Kendi sistemimizdeki yegane ömür bizim gezegenimizde yer alıyor. Gelecekte, muhtemelen birinci olarak Mars’tan başlayarak sistemimizdeki gezegenleri kolonileştirmeye başlayacağız.
Dünyanın en güçlü isimlerinden olan, Amazon’un kurucusu Jeff Bezos’un da Blue Origin isimli, uzay çalışmalarına odaklanmış bir şirketi var. Hatta şirket geçtiğimiz günlerde Ay’a iniş yapacak aracını da tanıtmıştı. Yani Bezos uzayda yaşama oldukça ilgi duyuyor. Bu alanda kendisinin ismini çok sık duymasak da Elon Musk ve SpaceX ile dişe diş bir gayret halindeler.
Fizikçi Gerard O’Neill tarafından tasarlanan konutlar, şu anda dikkat cazibeli dizaynlardan öbür bir şey değil. Konutların hayat alanları kendi kendine yetebilecek yapıda ve bir gün insanların koloniler kurabilmeleri için tasarlanmış durumdalar.
Bezos, mevzuyla ilgili olarak bir röportajında “karneler ve durağanlık mı istiyoruz, dinamizm ve büyüme mi?” diye sormuştu. Tercihini dinamizmden yana kullanan Bezos, kendi sistemimizin dışına çıkabilmemiz durumunda kozmosta trilyonlarca insan olabileceğini söyledi.
Kendine yetebilen sistemler hakkında çok bilgi vermeyen Bezos, bu sistemlerin çok sayıda insanı barındırabileceğini söyledi. “Onlar çok büyük yapılar, kilometrelerce gidiyorlar ve her biri bir milyon ya da daha fazla insan barındırabiliyor.” diyen Bezos, “Bazıları daha rekreasyonal olacak, hepsi tıpkı yer çekimine sahip olmak zorunda değiller ve bir tanesi yerçekimsiz olabilir, orada kendi kanatlarımızla uçabiliriz.”

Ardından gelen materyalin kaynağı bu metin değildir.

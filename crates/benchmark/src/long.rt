//! Jobs over long inputs.

use crate::digest::Digest;
use crate::inputs::{hard, kinds, lines};
use crate::random::Random;
use format_lint::run::run as lint;
use format_lint::task::{OutputKind, Task};
use piece_listing::run::run as list;
use rustc_parse_format::ParseMode;
use std::alloc::{AllocError, Global};

/// The number of bytes of a long text.
const SIZE: usize = 60_000;

/// The number of bytes of a long input that is hard to read.
const HARD: usize = 40_000;

/// Lists an input, with the words of a command line.
fn list_one(
    alloc: Global,
    input: &str,
    words: &[String],
    digest: &mut Digest,
) -> Result<(), AllocError> {
    let mut reader = input.as_bytes();
    let mut written = Vec::new(alloc);
    let answer = list(alloc, &mut reader, &mut written, words);
    digest.add(u64::from(answer == Ok(true)));
    digest.add_bytes(written.as_slice());
    Ok(())
}

/// Returns the words of a command line.
fn words(alloc: Global, texts: &[&str]) -> Result<Vec<String>, AllocError> {
    let mut words = Vec::new(alloc);
    for text in texts {
        words.push(String::from_str(alloc, text)?)?;
    }
    Ok(words)
}

/// Lists as many long texts, with the arguments that they lack.
pub fn list_each(
    alloc: Global,
    count: usize,
    random: &mut Random,
    digest: &mut Digest,
) -> Result<(), AllocError> {
    let words = words(
        alloc,
        &["format", "--literal", "--args", "4,name,value,err,path"],
    )?;
    for _ in 0..count {
        let input = lines(alloc, random, SIZE)?;
        list_one(alloc, input.as_str(), words.as_slice(), digest)?;
    }
    Ok(())
}

/// Shows an input.
fn lint_one(
    alloc: Global,
    input: &str,
    output_kind: OutputKind,
    colours: bool,
    digest: &mut Digest,
) -> Result<(), AllocError> {
    let task = Task {
        mode: ParseMode::Format,
        is_literal: true,
        path: "src/main.rs",
        output_kind,
        width: 140,
        colours,
    };
    let mut reader = input.as_bytes();
    let mut written = Vec::new(alloc);
    let mut drawn = Vec::new(alloc);
    let answer = lint(alloc, &mut reader, &mut written, &mut drawn, task);
    written.extend_from_slice(drawn.as_slice())?;
    digest.add(u64::from(matches!(answer, Ok(1..))));
    digest.add_bytes(written.as_slice());
    Ok(())
}

/// Reads long inputs of each kind that is hard to read, `count` times: each is listed, or shown in
/// one of four ways.
pub fn awkward(
    alloc: Global,
    count: usize,
    random: &mut Random,
    digest: &mut Digest,
) -> Result<(), AllocError> {
    let words = words(alloc, &["format", "--literal"])?;
    for _ in 0..count {
        for kind in 0..kinds() {
            for way in 0..5 {
                let input = hard(alloc, random, kind, HARD)?;
                let input = input.as_str();
                match way {
                    0 => list_one(alloc, input, words.as_slice(), digest)?,
                    1 => lint_one(alloc, input, OutputKind::Fault, false, digest)?,
                    2 => lint_one(alloc, input, OutputKind::Tokens, false, digest)?,
                    3 => lint_one(alloc, input, OutputKind::Tokens, true, digest)?,
                    _ => lint_one(alloc, input, OutputKind::Fix, false, digest)?,
                }
            }
        }
    }
    Ok(())
}
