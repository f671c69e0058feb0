//! The parts of the program `formatlint` that need no source file: its options, the values of its
//! arguments, the run over one string, its lines where there is no answer, and how it writes files.
#![tactic(auto)]

mod arguments;
mod changes;
mod colours;
mod failure;
mod literal;
mod messages;
mod open_files;
mod options;
mod progress;
mod recorder;
mod terminal;

pub use arguments::{change_of, form_of, has_colours, table_of, width_of};
pub use changes::{Change, LeftText, StepFailure, name_before, replace};
pub use colours::{ColourChoice, wants_colours};
pub use failure::Failure;
pub use literal::{literal_status, print_failure, print_hint};
pub use messages::{put_failure, put_not_literal, put_place_failure, system_words};
pub use open_files::{is_same, path_of};
pub use options::{VERSION, command, is_option};
pub use progress::Progress;
pub use recorder::Recorder;
pub use terminal::shown_bytes;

Tabii ki bu kolonilerde her şey insan imali olacak ve etraf üzerinde insanların mutlak denetimi olacak. Haliyle ortamda büyük tehlikeler olması pek de beklenen bir şey değil. Muhtemelen doğal tehditler istasyon dışındaki olaylar ve sarsıntılar olacak.
Bu merkezler ayrıyeten o periyodun teknolojisi için Dünya’ya gereğince yakın olacak, bu bölgelere gidip gelmek mümkün olacak.
Bezos, şu anda uzaya gitmenin bile çok maliyetli olduğunu fakat bir gün bu konseptlerin gerçeğe dönüşeceğini söyledi.